玄米アミノ酸 世界はさらに身近に開けていく。労働単価の安い所も安いままではない。賃金は上げないといずれ衰退する。そこから脱出するにはただ作ればいいだけではダメなのである。価値のあるものを作らないといけない。日本の農協はそこを忘れている。農協についている生産者も同じである。時代の流れは止めるところがないし逆らうこともできない。量の競争は終わったのである。質へと転換しなくてはいけない。その時に重要なことが二つある。それは農業経営を根本から見直すということ。自分が数値管理をするということである。もう一つは用途を明確にして物を生産するということである。誰が買って、どうするのかさっぱりわからないでは価値を作りようがない。このような料理にこうやって使ってほしい、まではっきりさせる。このことはTPPに関係なく自分の力でできることである。いたずらに振り回されてはいけないのである。世界がこれだけ身近になって収入が増えたら、新しいマーケットも開かれる一方である。ピンチではなくチャンスなのである。そこに気がついた人だけが生き残れるのである。
玄米アミノ酸 もう一つ大事な視点がある。それは農業経営の内容についてである。TPPは価格競争になるから農業経営は苦しくなると言っている。事実、専業農家は激減している。農業経営とは一体何のことを言うのだろうか。生産物を作りっぱなしで何もしないことを農業経営というのだろうか。生産コストを何も考えずに昔ながらの慣行で生産することを農業経営というのだろうか。家族の団体労働に頼らないと何も生産できないことを農業経営というのだろうか。フランスには「農業経営者」という資格がある。これを取得すると補助金が出る。一人350万円ほどである。

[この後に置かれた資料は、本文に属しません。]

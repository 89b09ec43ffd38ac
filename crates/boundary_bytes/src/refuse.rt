// The refusals of the record's bytes, and those of what is lent: a length holds as many whole words as fit.
ghost use Rattle.std.specs.Prelude.{◌≡◌, ◌/◌, ◌++◌, IfOk};
ghost use Rattle.layout.specs.Layout.{decode};
ghost use Rattle.image.specs.Image.{record_byte_rows};
ghost use Rattle.image.specs.Refuse.{RefusalIs};
ghost use Rattle.chart.specs.Judge.{chart_rows};
ghost use Rattle.boundary_bytes.specs.CountBytes.{count_byte_rows};
ghost use Rattle.boundary_bytes.specs.ReadingBytes.{lent_byte_rows};

use image::{Grammar, Refusal};

// And then 9.
pub fn test_chart(image: &[u8], events: usize, chart: usize) -> Result<Grammar<'_>, Refusal>
    ensures tested { RefusalIs (record_byte_rows image.now events ++ chart_rows (events / 2) (chart / 8)) (decode image.now) result }
    ensures bytes { IfOk result (λ g. g.bytes.now ≡ image.now) }
{
    let grammar = image::test_record_bytes(image, events)?;
    let need = derivation::cell_count(events / 2);
    if chart / 8 < need {
        return Err(Refusal::ShortChart);
    }
    Ok(grammar)
}

// And then 10.
pub fn test_table(image: &[u8], events: usize, table: usize) -> Result<Grammar<'_>, Refusal>
    ensures tested { RefusalIs (count_byte_rows image.now events table) (decode image.now) result }
    ensures bytes { IfOk result (λ g. g.bytes.now ≡ image.now) }
{
    let grammar = image::test_record_bytes(image, events)?;
    let need = table::words_needed(grammar.symbol_count(), events / 2);
    if table / 4 < need {
        return Err(Refusal::ShortTable);
    }
    Ok(grammar)
}

// And then 10 and 11.
pub fn test_lent(
    image: &[u8],
    events: usize,
    table: usize,
    room: usize,
) -> Result<Grammar<'_>, Refusal>
    ensures tested { RefusalIs (lent_byte_rows image.now events table room) (decode image.now) result }
    ensures bytes { IfOk result (λ g. g.bytes.now ≡ image.now) }
{
    let grammar = test_table(image, events, table)?;
    let need = derivation::script_words(events / 2);
    if room / 2 < need {
        return Err(Refusal::ShortRoom);
    }
    Ok(grammar)
}
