// What the C functions answer: the refusals, and else the library's service over the words that the bytes show.
ghost use Rattle.chart.specs.Answer.{judged};
ghost use Rattle.readings.specs.Answer.{counted, read};
ghost use Rattle.boundary_bytes.specs.JudgeBytes.{JudgeBytesIs};
ghost use Rattle.boundary_bytes.specs.CountBytes.{CountBytesIs};
ghost use Rattle.boundary_bytes.specs.ReadingBytes.{ReadingBytesIs};

use super::refuse::{test_chart, test_lent, test_table};
use chart::Judgement;
use image::Refusal;

// The words of the longest script.
const SCRIPT_WORDS: usize = 2 * (2 * image::MOST_EVENTS - 1);

pub fn judge(image: &[u8], events: &[u8], chart: &mut [u8]) -> Result<Judgement, Refusal>
    ensures { JudgeBytesIs image.now events.now chart.old (judged result) chart.new }
{
    let grammar = test_chart(image, events.len(), chart.len())?;
    let mut record = [0u16; image::MOST_EVENTS];
    let n = packed::read_2(events, &mut record);
    Ok(lent::charts::judge(grammar, &record[..n], chart))
}

pub fn count(image: &[u8], events: &[u8], table: &mut [u8]) -> Result<u32, Refusal>
    ensures { CountBytesIs image.now events.now table.old (counted result) table.new }
{
    let grammar = test_table(image, events.len(), table.len())?;
    let mut record = [0u16; image::MOST_EVENTS];
    let n = packed::read_2(events, &mut record);
    let mut none = [0u16; 1];
    let taken = lent::tables::take(grammar, &record[..n], 0, 0, table, &mut none);
    Ok(taken.total)
}

pub fn reading(
    image: &[u8],
    events: &[u8],
    k: u32,
    table: &mut [u8],
    room: &mut [u8],
) -> Result<(), Refusal>
    ensures { ReadingBytesIs image.now events.now k table.old room.old
        (read result) table.new room.new }
{
    let grammar = test_lent(image, events.len(), table.len(), room.len())?;
    let mut record = [0u16; image::MOST_EVENTS];
    let n = packed::read_2(events, &mut record);
    let mut script = [0u16; SCRIPT_WORDS];
    let taken = lent::tables::take(grammar, &record[..n], k, 1, table, &mut script);
    taken.paged?;
    let need = derivation::script_words(n);
    packed::write(&script[..need], room);
    Ok(())
}
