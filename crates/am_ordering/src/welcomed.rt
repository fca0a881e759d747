ghost use Rattle.std.specs.Prelude.{◌≡◌, ◌≢◌, ◌||◌, true, false, nat_lt};
ghost use Rattle.am_node_parts.specs.Prelude.{NumberIsInRange, StampIsInRange, ImageIsInRange, row_of_name, top_of_log, stamp_is_less, is_member, node_of};
ghost use Rattle.am_model.specs.Node.{is_asking_status};
ghost use Rattle.am_model.specs.Joining.{node_of_welcomed, core_of_welcomed, ask_for_next_entries, welcome_row};
ghost use Rattle.am_node_parts.specs.Replies.{Replies};
ghost use Rattle.am_ordering.specs.Joining.{is_unfit};

use am_base::image::Image;
use am_base::name::{Name, Stamp};
use am_base::outcome::Outcome;
use am_model::status::Status;
use am_node_parts::parts::Parts;
use am_node_parts::reply::{Note, Reply, note_to, quiet, saying};
use am_node_storage::log::Log;
use am_node_storage::state::Core;
use am_packet::image_ref::ImageRef;

/// What a Welcome tells, but for its image.
#[derive(Clone, Copy)]
pub struct Welcome {
    /// The sequencer that sent it.
    pub sender: Name,
    /// The sequencer's view.
    pub stamp: Stamp,
    /// The number at which the list begins.
    pub base: u32,
    /// The number of the name's Join.
    pub join: u32,
}

/// Whether the node has promised to a greater stamp.
fn has_promised_more(parts: &Parts, stamp: Stamp) -> bool
    ensures { result ≡ stamp_is_less stamp parts.now.core.promise }
{
    stamp.is_below(parts.core.promise)
}

/// Whether a name has joined already by what an image tells.
fn has_joined(image: &Image, name: Name) -> bool
    ensures { result ≡ nat_lt 0 (row_of_name image.now name).joined }
{
    let row = image.rows[usize::from(name.place())];
    row.life == name.life() && 0 < row.joined
}

/// Whether a Welcome can't be this node's.
fn is_unfit(parts: &Parts, told: &Welcome, image: &Image) -> bool
    ensures { result ≡ is_unfit (node_of parts.now) told.now.stamp told.now.base told.now.join
        image.now }
{
    if told.join <= told.base || u32::from(parts.core.rules.window()) + 15 < told.join - told.base {
        return true;
    }
    told.stamp.is_below(image.view) || has_joined(image, parts.core.who)
}

/// A core's list begins at the base, with what was told up to there.
fn begin_core<L: Log>(core: &mut Core<L>, told: &Welcome, image: &Image)
    requires blank { top_of_log core.old.log ≡ 0 }
    requires stamp { StampIsInRange told.now.stamp }
    requires base { NumberIsInRange told.now.base }
    requires image { ImageIsInRange image.now }
    ensures { core.new ≡ core_of_welcomed core.old told.now.stamp told.now.base told.now.join image.now }
{
    core.log.begin(told.base, image);
    core.promise = told.stamp;
    core.told = told.base;
    core.acc = told.base;
    core.taken = told.base;
    core.start = told.join;
}

/// The list begins at the base, with what was told up to there, and the node is a member.
fn begin(parts: &mut Parts, told: &Welcome, image: &Image)
    requires asking { is_asking_status (node_of parts.old).status ≡ true }
    requires other { told.now.stamp.by ≢ parts.old.core.who }
    requires fits { is_unfit (node_of parts.old) told.now.stamp told.now.base told.now.join
        image.now ≡ false }
    requires stamp { StampIsInRange told.now.stamp }
    requires base { NumberIsInRange told.now.base }
    requires image { ImageIsInRange image.now }
    ensures { node_of parts.new ≡ node_of_welcomed (node_of parts.old) told.now.stamp told.now.base
        told.now.join image.now }
{
    let _before = parts.accept_front(); // for its order
    begin_core(&mut parts.core, told, image);
    parts.status = Status::Member;
}

/// A joiner whose list has begun asks for what comes next.
fn ask_on<'a>(parts: &Parts, told: &Welcome) -> Reply<'a>
    ensures { Replies (ask_for_next_entries (node_of parts.now) told.now.sender told.now.stamp told.now.join)
        result (node_of parts.now) }
{
    let answer = Outcome::Welcomed { number: told.join };
    if parts.has_view(told.stamp) {
        return saying(answer, note_to(told.sender, Note::Nack));
    }
    saying(answer, note_to(told.sender, Note::Fetch))
}

/// Takes a Welcome of the sequencer of a view, at a node that has asked to join or is a member. Known: it is a member.
/// Elsewhere: the node has promised to more. Unfit: the Join is out of bounds, the image is of a later view, or the name
/// stands in it. Else the list begins at the base and the node asks for what comes next: Welcomed.
#[inline(never)]
pub fn on_welcome<'a>(parts: &mut Parts, told: &Welcome, image: &ImageRef) -> Reply<'a>
    requires hears { (is_member (node_of parts.old).status || is_asking_status (node_of parts.old).status)
        ≡ true }
    requires other { told.now.stamp.by ≢ parts.old.core.who }
    requires stamp { StampIsInRange told.now.stamp }
    requires base { NumberIsInRange told.now.base }
    requires image { ImageIsInRange image.now }
    ensures { Replies (welcome_row (node_of parts.old) told.now.sender told.now.stamp told.now.base
        told.now.join image.now) result (node_of parts.new) }
{
    if parts.is_member() {
        return quiet(Outcome::Known);
    }
    if has_promised_more(parts, told.stamp) {
        return quiet(Outcome::Elsewhere);
    }
    let image = image.to_image();
    if is_unfit(parts, told, &image) {
        return quiet(Outcome::Unfit);
    }
    begin(parts, told, &image);
    ask_on(parts, told)
}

 それで何をやるかというと農業経営をする。生産物で加工品をつくる。レストランを開店する。カフェを開店する。生産物を直売する。これが農業経営なのである。ぶどうでワインをつくり、山羊の乳でチーズを作る。そして肉を料理し野菜を料理してもてなす。もちろん利益はしっかり出て継続できる仕事になる。自由化なんて、やりたければやればいいと思うだけになる。ここまで来たら外国産なんて何の魅力もなくなる。日本でもできるはずなのに誰もやらない。日本の農家は知恵がないと言われても仕方がないのである。TPPは本当に恐いのだろうか。考えてみる必要がある。